In the present study, we used a commercially available adenylate
deaminase to prevent the product inhibition by converting ADP-L-penicillamine to IDP-L-penicillamine.
Although the enzyme was effective in removing the inhibitory product,
we could not detect the corresponding activity in the cell of B. sphaericus. The penicillamine degradation pathway in the bacterium
probably employs a different type of catalysis for removing
ADP-L-penicillamine. This hypothesis may be substantiated
by the observation that the thiol group slowly decreased in the cell
extract (Fig. 1, inset). The catalysis of NAD:penicillamine
ADP transferase leaves the thiol group of penicillamine unchanged, and
therefore the time-dependent thiol disappearance strongly
suggests that the thiol group of ADP-penicillamine would be removed in
the succeeding pathway.
Although the novel NAD-dependent modification catalysis did
not give us any clue on how penicillamine can be degraded and how the
amino group of penicillamine is used as the nitrogen source by B. sphaericus, the enzyme reaction may be the first, rate-limiting step in the penicillamine degradation in the bacterial cell. Specific enzyme induction by D- or L-penicillamine and
exclusive substrate specificity suggest that the enzyme would be
involved in the penicillamine assimilation pathway.
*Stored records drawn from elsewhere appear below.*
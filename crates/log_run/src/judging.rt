//! Whether the calls of a log are one run.

ghost use Rattle.std.specs.Prelude.{◌≡◌, ◌+◌, ◌<◌, ◌&&◌, length, is_some, IfOk, OnOk, MatchOption};
ghost use Rattle.std.specs.Ordering.{nat_cmp};
ghost use Rattle.std.specs.List.Sorted.{IsPermutation, IsNonDecreasingBy, IsStableByKey};
ghost use Rattle.cluster.specs.continued.Jobs.{Continued};
ghost use Rattle.cluster.specs.Pasts.{Past};
ghost use Rattle.log_run.specs.OneRun.{IsDouble, TicketsRise};
ghost use Rattle.log_run.specs.Outcomes.{IsJudged, IsReplayed, IsSentIn, is_one_run};
ghost use Rattle.log_run.specs.Starts.{Begins};
ghost use Rattle.log_run.specs.States.{IsSnapshotIfRun, IsStateOf};
ghost use Rattle.log_run.specs.internals.Machines.{HavePlayed};

use crate::late::late_reading;
use crate::log_machines::LogMachines;
use crate::outcome::Outcome;
use crate::playing::{answer, held_by_asked};
use crate::start::Start;
use job_calls::ClusterSnapshot;
use log_line::{LogEntry, Progress};
use std::alloc::{AllocError, Global};

// Sorts entries by ticket. Entries with the same ticket keep their order.
fn sort(entries: &mut Vec<LogEntry>) -> Result<(), AllocError>
    ensures same { IsPermutation entries.old.items entries.new.items }
    ensures order { OnOk result (IsNonDecreasingBy (λ e. e.line.ticket) entries.new.items) }
    ensures stable { IsStableByKey (λ e. e.line.ticket) nat_cmp entries.old.items entries.new.items }
{
    entries.sort_by_key(|entry| entry.line.ticket)
}

// Returns the index of the first entry whose ticket the next one has too. Entries are sorted.
fn double(entries: &[LogEntry]) -> Option<usize>
    requires { IsNonDecreasingBy (λ e. e.line.ticket) entries.now }
    ensures { MatchOption result (TicketsRise entries.now)
        (λ i. IsDouble entries.now i (i + 1) × (i + 1 < length entries.now)) }
{
    for i in 1..entries.len() {
        let before = entries[i - 1].line.ticket;
        let ticket = entries[i].line.ticket;
        if ticket == before {
            return Some(i - 1);
        }
    }
    None
}

/// What was found of the calls of a log, and where they leave the machines.
#[derive(Drop)]
pub struct Judged {
    /// What was found.
    pub outcome: Outcome,
    /// The snapshot of the machines after the calls, if it is wanted and they are one run.
    pub state: Option<ClusterSnapshot>,
    /// Whether the calls are one run in which no reply is that something was not sent.
    pub all_sent: bool,
}

// Returns a snapshot of the machines, if it is wanted.
fn state_of(machines: LogMachines, is_wanted: bool) -> Result<Option<ClusterSnapshot>, AllocError>
    ensures state { (job : Continued) (past : Past) → HavePlayed job past machines → IfOk result (IsSnapshotIfRun job past) }
    ensures wanted { IfOk result (λ state. is_some state ≡ is_wanted) }
{
    if !is_wanted {
        return Ok(None);
    }
    match machines.finish()? {
        Some(state) => Ok(Some(state)),
        // A wanted run is recorded from the start.
        None => Err(AllocError),
    }
}

// Plays entries in order, up to the first whose caller got a wrong reply.
fn replay<P: Progress>(
    alloc: Global,
    start: &Start,
    entries: &[LogEntry],
    keeps: bool,
    progress: &mut P,
) -> Result<Judged, AllocError>
    ensures found { (job : Continued) → Begins job start.now → IfOk result (λ judged. IsReplayed job entries.now judged.outcome) }
    ensures state { (job : Continued) → Begins job start.now → IfOk result (λ judged. IsStateOf job entries.now judged.state) }
    ensures sent { (job : Continued) → Begins job start.now → IfOk result (λ judged. IsSentIn job entries.now judged.outcome judged.all_sent) }
    ensures kept { IfOk result (λ judged. is_some judged.state ≡ (keeps && is_one_run judged.outcome)) }
{
    let mut machines = LogMachines::new(alloc, start, keeps)?;
    for index in 0..entries.len() {
        let entry = &entries[index];
        let other = answer(alloc, &mut machines, &entry.line)?;
        if let Some(wanted) = other {
            machines.run_law();
            let call = &entry.line.call;
            let held = held_by_asked(machines.cluster(), call);
            let outcome = Outcome::Other {
                index,
                wanted,
                held,
                machines,
            };
            return Ok(Judged {
                outcome,
                state: None,
                all_sent: false,
            });
        }
        progress.calls_judged(index as u64 + 1);
    }
    machines.run_law();
    let late = late_reading(start.job.policy().skew(), start.table_reading(), entries);
    let outcome = Outcome::One {
        steps: entries.len() as u64,
        late,
    };
    let all_sent = machines.all_sent();
    let state = state_of(machines, keeps)?;
    Ok(Judged {
        outcome,
        state,
        all_sent,
    })
}

/// Sorts the calls of a log by their tickets, and finds whether they are one run of the job's
/// machines, from this start.
///
/// They are one run if each caller got, in the same words, the reply that the machines give after
/// the calls before. `keeps` is whether a snapshot of the machines is wanted.
///
/// [`Outcome::Double`] comes first: two entries have the same ticket. It names the lowest such
/// ticket, and the first two entries that have it, in the order in which they were given. Otherwise
/// [`Outcome::Other`] names the first call whose caller got another reply. If memory runs out,
/// nothing is found.
pub fn judge_calls<P: Progress>(
    alloc: Global,
    start: &Start,
    entries: &mut Vec<LogEntry>,
    keeps: bool,
    progress: &mut P,
) -> Result<Judged, AllocError>
    ensures same { IsPermutation entries.old.items entries.new.items }
    ensures stable { IsStableByKey (λ e. e.line.ticket) nat_cmp entries.old.items entries.new.items }
    ensures found { (job : Continued) → Begins job start.now → IfOk result (λ judged. IsJudged job entries.new.items judged.outcome) }
    ensures state { (job : Continued) → Begins job start.now → IfOk result (λ judged. IsStateOf job entries.new.items judged.state) }
    ensures sent { (job : Continued) → Begins job start.now → IfOk result (λ judged. IsSentIn job entries.new.items judged.outcome judged.all_sent) }
    ensures kept { IfOk result (λ judged. is_some judged.state ≡ (keeps && is_one_run judged.outcome)) }
{
    sort(entries)?;
    if let Some(first) = double(entries) {
        let second = first + 1;
        return Ok(Judged {
            outcome: Outcome::Double { first, second },
            state: None,
            all_sent: false,
        });
    }
    let judged = replay(alloc, start, entries, keeps, progress)?;
    Ok(judged)
}
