//! Whether the samples of task clocks show that the clocks of a job did not keep their drift.

ghost use Rattle.std.specs.Prelude.{◌≡◌, ℕ, [], ◌∷◌, List, IfOk, OnOk};
ghost use Rattle.clocks.specs.Pasts.{Past};
ghost use Rattle.log_run.specs.Drifts.{IsDriftFinding, begins, fault_of, past_begun, past_sampled, sample_in};
ghost use Rattle.log_run.specs.internals.Clocks.{AreClocks, IsFaultOf, ShowPasts, clock_in};

use clocks::{ClockRefusal, Drift, TaskClock};
use grants::SliceletCall;
use job_calls::ClusterCall;
use log_line::{LogEntry, LoggedCall, TaskSample};
use std::alloc::{AllocError, Global};
use std::collections::HashMap;

/// Why a sample shows that clocks did not keep their drift.
#[derive(Clone, Copy, Debug, PartialEq, Eq)]
pub enum ClockFault {
    /// The local clock is below an earlier reading of it.
    Back,
    /// The request is said to be sent after its answer was taken.
    SentAhead,
    /// By the samples before, the table's clock read at most this.
    Beyond(u64),
}

/// The first sample that shows that clocks did not keep their drift.
#[derive(Clone, Copy, Debug, PartialEq, Eq)]
pub struct DriftFault {
    /// The index of its entry, in the order of the tickets.
    pub index: usize,
    /// The sample.
    pub taken: TaskSample,
    /// What is wrong with it.
    pub why: ClockFault,
}

// Returns the sample that a call takes, if it takes one.
fn sample_in(call: &LoggedCall) -> Option<TaskSample>
    ensures { result ≡ sample_in call.now }
{
    match call {
        LoggedCall::Sample(taken) => Some(*taken),
        _ => None,
    }
}

// Returns the task of which a call begins a process, if it begins one.
fn begins(call: &LoggedCall) -> Option<u64>
    ensures { result ≡ begins call.now }
{
    match call {
        LoggedCall::Whole(
            ClusterCall::Task {
                task,
                call: SliceletCall::Resume { .. },
            },
        ) => Some(*task),
        _ => None,
    }
}

// Returns what is wrong with a sample that this clock takes next, if anything is.
fn fault_of(clock: TaskClock, taken: TaskSample) -> Option<ClockFault>
    ensures { result ≡ fault_of clock taken }
{
    let mut probe = clock;
    match probe.read(taken.now) {
        Err(ClockRefusal::LocalClockBack) => Some(ClockFault::Back),
        _ if taken.now < taken.sample.sent => Some(ClockFault::SentAhead),
        Ok(most) if most < taken.sample.reading => Some(ClockFault::Beyond(most)),
        _ => None,
    }
}

// The clocks of tasks, made from the samples of entries.
#[derive(Drop)]
struct TaskClocks {
    // A clock without samples.
    opening: TaskClock,
    by_task: HashMap<u64, TaskClock>,
}

impl TaskClocks {
    fn new(alloc: Global, drift: Drift) -> Self
        ensures { AreClocks drift [] result }
    {
        TaskClocks {
            opening: TaskClock::new(drift, u64::MAX),
            by_task: HashMap::new(alloc),
        }
    }

    // Returns the clock of a task.
    fn of(&self, task: u64) -> TaskClock
        ensures { result ≡ clock_in self.now task }
    {
        self.by_task.get(&task).copied().unwrap_or(self.opening)
    }

    // Returns what is wrong with the sample that a call takes, if anything is.
    fn fault(&self, index: usize, call: &LoggedCall) -> Option<DriftFault>
        ensures { (drift : Drift) (entries : List LogEntry) → AreClocks drift entries self.now
            → IsFaultOf drift entries call.now index result }
    {
        let taken = sample_in(call)?;
        let why = fault_of(self.of(taken.task), taken)?;
        Some(DriftFault { index, taken, why })
    }

    // Takes in that a process of a task begins.
    fn begin(&mut self, task: Option<u64>) -> Result<(), AllocError>
        ensures { (drift : Drift) (past : ℕ → Past) → ShowPasts drift past self.old
            → OnOk result (ShowPasts drift (λ by. past_begun by task (past by)) self.new) }
    {
        if let Some(task) = task {
            self.by_task.insert(task, self.opening)?;
        }
        Ok(())
    }

    // Takes in a sample.
    fn sample(&mut self, taken: Option<TaskSample>) -> Result<(), AllocError>
        ensures { (drift : Drift) (past : ℕ → Past) → ShowPasts drift past self.old
            → OnOk result (ShowPasts drift (λ by. past_sampled by taken (past by)) self.new) }
    {
        if let Some(taken) = taken {
            let TaskSample { task, sample, now } = taken;
            let mut clock = self.of(task);
            let _ = clock.sample(sample.sent, sample.reading, now);
            self.by_task.insert(task, clock)?;
        }
        Ok(())
    }

    // Takes in the call of an entry.
    fn take(&mut self, entry: &LogEntry) -> Result<(), AllocError>
        ensures { (drift : Drift) (entries : List LogEntry) → AreClocks drift entries self.old
            → OnOk result (AreClocks drift (entry.now ∷ entries) self.new) }
    {
        self.begin(begins(&entry.line.call))?;
        self.sample(sample_in(&entry.line.call))
    }
}

/// Finds the first sample that shows that clocks did not keep a drift, by the samples before it
/// that the same process of its task took.
pub fn drift_fault(
    alloc: Global,
    drift: Drift,
    entries: &[LogEntry],
) -> Result<Option<DriftFault>, AllocError>
    ensures { IfOk result (IsDriftFinding drift entries.now) }
{
    let mut clocks = TaskClocks::new(alloc, drift);
    for index in 0..entries.len() {
        let entry = &entries[index];
        if let Some(fault) = clocks.fault(index, &entry.line.call) {
            return Ok(Some(fault));
        }
        clocks.take(entry)?;
    }
    Ok(None)
}
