//! Laws about audits of logs.

ghost use Rattle.std.specs.Prelude.{◌≡◌, ◌^◌, ◌-◌, ◌∷◌, ◌++◌, List, None};
ghost use Rattle.clocks.specs.declared.drift.Drift.{Drift};
ghost use Rattle.clocks.specs.Pasts.{KeepsDrift, Past as ClockPast, Sampled, SamplesAreAnswers};
ghost use Rattle.clocks.specs.Timely.{clock_after};
ghost use Rattle.job_calls.specs.Jobs.{Job};
ghost use Rattle.cluster.specs.Pasts.{Past};
ghost use Rattle.cluster.specs.continued.Jobs.{from_start};
ghost use Rattle.cluster.specs.continued.Snapshots.{Remembered, continued_from};
ghost use Rattle.log_line.specs.declared.entry.LogEntry.{LogEntry};
ghost use Rattle.log_line.specs.declared.line.TaskSample.{TaskSample};
ghost use Rattle.log_run.specs.Days.{AreRunTo, GoOnTo};
ghost use Rattle.log_run.specs.Drifts.{fault_of, samples_in};
ghost use Rattle.log_run.specs.OneRun.{Tells};

/// States that logs which are audited day by day are one run.
///
/// If the calls of earlier logs are one run, and those of later logs are one that goes on from it,
/// whatever is remembered of it, all of them are one run, unless a later call was refused as not
/// sent. If the clocks were timely in both, they were in the whole run.
pub fn days_law()
    ensures run { (own : Job) (remembered : Remembered) (before later : List LogEntry) (past after : Past) → AreRunTo own before past
        → GoOnTo (continued_from own past remembered) later after → AreRunTo own (before ++ later) after }
    ensures timely { (own : Job) (remembered : Remembered) (before later : List LogEntry) (past after : Past) → Tells (from_start own) before past None
        → Tells (continued_from own past remembered) later after None → Tells (from_start own) (before ++ later) after None }
{
    cluster::continued_law();
}

/// States that a wrong sample shows that clocks did not keep their drift.
///
/// If the clocks keep a drift, and each sample is an earlier answer of the table, no sample is
/// wrong by those that the task's clock took before.
pub fn drift_law()
    ensures { (drift : Drift) (past : ClockPast) (taken : TaskSample) → KeepsDrift drift (Sampled taken.now taken.sample ∷ past)
        → SamplesAreAnswers (Sampled taken.now taken.sample ∷ past)
        → fault_of (clock_after drift (2 ^ 64 - 1) (samples_in past)) taken ≡ None }
{
    clocks::timely_law();
}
L-Penicillamine was a better substrate than the
D-isomer, and this was consistent with the observation that the bacterial cells consumed L-penicillamine more rapidly
than the D-isomer. Vigorous penicillamine consumption
observed for crude cell extract, in contrast to the potent product
inhibition on the purified enzyme, may be explained if the crude
extract contained the enzymes that catalyze succeeding reactions. The succeeding enzyme reactions are still under our investigation on the
premise that the thiol group should be the next target to be degraded.
Considering the reaction sequence by which PLP-dependent enzymes are inactivated by penicillamine, modification of the amino
group may also serve to protect PLP-dependent enzymes in the cell of B. sphaericus.